|
Business Owners Are All the Same... Where it Really Counts All small business owners share two fundamental traits in common. Understanding those similarities is the foundation for SMB marketing.
Granted, the small business market is sizable and complex, and the individuals who own those companies are just as diverse. As marketers, we are constantly challenged by the diversity of the segment when developing and executing effective, scalable and sustainable strategies and tactics to build a profitable bridge to it (see "Building Sales Relationships: The Media Dilemma,"). And, far too often, because of the perceived complexity of the channel, enterprise-level marketers seeking to penetrate it fall back on institutionally “safe,” conventional communications approaches (i.e., traditional mass marketing and advertising).
Traditional Wisdom
A coffee shop owner with three part-time employees in Seattle has nothing in common with a auto parts manufacturer with 35 employees in Bloomfield, Illinois. More similarities than differences
If Shiela, a 25-year-old female coffee shop owner from Seattle, were to meet Bill, a 56-year-old auto parts manufacturer from Bloomfield, Illinois, they would relate to each other at a very different level than anyone who has never owned a business ever would.

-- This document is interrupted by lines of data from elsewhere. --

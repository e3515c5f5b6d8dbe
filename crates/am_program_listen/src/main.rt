//! The program `amserve listen`: many sessions at a port or a socket of the file system, on one store.
#![tactic(auto)]

ghost use Rattle.std.specs.Prelude.{◌≤◌, IfOk};

mod ending;
mod fault;
mod port;
mod report;
mod stop_word;
mod trace;

use crate::fault::ListenFault;
use am_program_options::{Listening, Options, options};
use am_program_start::{OptionsFault, hold_stack, words};
use am_trace_file::Outbox;
use port::{Opened, close, make_ready, serve, stop_at_word};
use std::alloc::Global;
use std::process::ExitCode;
use std::{io, thread};

/// The program's name, where it says what is wrong with its words.
const PROGRAM: &str = "amserve";

// What the words ask this program for.
fn asked<'a>(alloc: Global, words: &'a [String]) -> Result<Listening<'a>, OptionsFault>
    ensures { IfOk result (λ l. (1 ≤ l.sessions) × (l.sessions ≤ 256) × (l.workers ≤ 16)) }
{
    match options(alloc, words)? {
        Options::Listen(listening) => Ok(listening),
        Options::Alone { .. } => Err(OptionsFault::Unserved("this program listens")),
    }
}

fn main(rt: HostRuntime) -> io::Result<ExitCode> {
    if let Err(fault) = hold_stack(&rt) {
        return fault.tell(&rt, PROGRAM);
    }
    let words = match words(&rt) {
        Ok(words) => words,
        Err(fault) => return fault.tell(&rt, PROGRAM),
    };
    let listening = match asked(rt.alloc(), words.as_slice()) {
        Ok(listening) => listening,
        Err(fault) => return fault.tell(&rt, PROGRAM),
    };
    let outbox = Outbox::new(rt.alloc());
    let (Opened { listener, file }, writer) = match make_ready(&rt, &listening, &outbox) {
        Ok(opened) => opened,
        Err(ended) => return ended,
    };
    let (sessions, workers) = (listening.sessions, listening.workers);
    let (runtime, endpoints, named, sending) = (&rt, &listener, &listening, &outbox);
    let served = thread::scope(
        thread::scope_env(),
        runtime,
        |scope|
            requires { (1 ≤ sessions) × (sessions ≤ 256) × (workers ≤ 16) }
        {
            if named.trace.is_some() {
                let _ = scope.spawn(move || sending.write_out(runtime));
            }
            let hears = !named.awaits_stop
                || scope
                    .spawn(move || stop_at_word(runtime, endpoints))
                    .is_ok();
            let served = if hears {
                serve(
                    runtime, endpoints, named, sessions, workers, sending, writer,
                )
            } else {
                Err(ListenFault::CannotHear)
            };
            sending.close(runtime);
            served
        },
    );
    close(&rt, &listening, file.as_ref(), &outbox, served)
}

The fact is that, regardless of industry, number of employees, rate of growth or location, all small business owners share two critical traits in common:
- a lack of resources (there is never enough time, money or management expertise) and
- all small business owners are at risk.
In terms of resources, a small business is, by definition, one that is not fully managed—there is no VP of Sales, no Marketing Director or Human Resources Officer. As a result, the owner, typically a generalist, must manage each and every function in the business; closing a sale at one moment, buying a desktop for a new employee in the next. And the list goes on.
The Reality
No matter the gender, race, age, industry, location, number of employees or rate of growth, all small business owners have two critically important traits in common: a lack of resources and being in a constant state of risk. In a small business,time becomes the ultimate currency. The severity of resource scarcity is what drives the extraordinary productivity found in small companies everywhere. The lack of capital and management expertise that larger, fully managed companies enjoy creates a common bond that Sandy and Bill share at an instinctive level, and they know it. That common bond dictates how both of them act at a very fundamental level—even though they have very different kinds of businesses.
Regarding risk,it’s the most galvanizing characteristic of all small business owners. It
requires that every decision be made through a prism of avoiding,or at the very least managing, risk.
For enterprise-level marketers, clearly understanding these two critical points of commonality and effectively communicating that understanding, persistently and consistently, to the market should always form the foundation of any scalable, sustainable marketing communications strategy.
Every communication—every “touch”—from big companies going after small companies should pass a small business litmus test: Does the voice of your communication implicitly or explicitly provide sound management advice, or save time or money. Is it designed to lower a small business owner’s state of risk? Does it
truly add value for the recipient?
Knowing what all small business owners share in common offers a powerful platform for selling into this market.But these owners have the most sensitive “spin detectors”of any segment you can serve.Customer communications that pass the small business litmus test will spark a relationship founded in trust; one that will keep your brand front-of-mind when it comes to buying your products and services.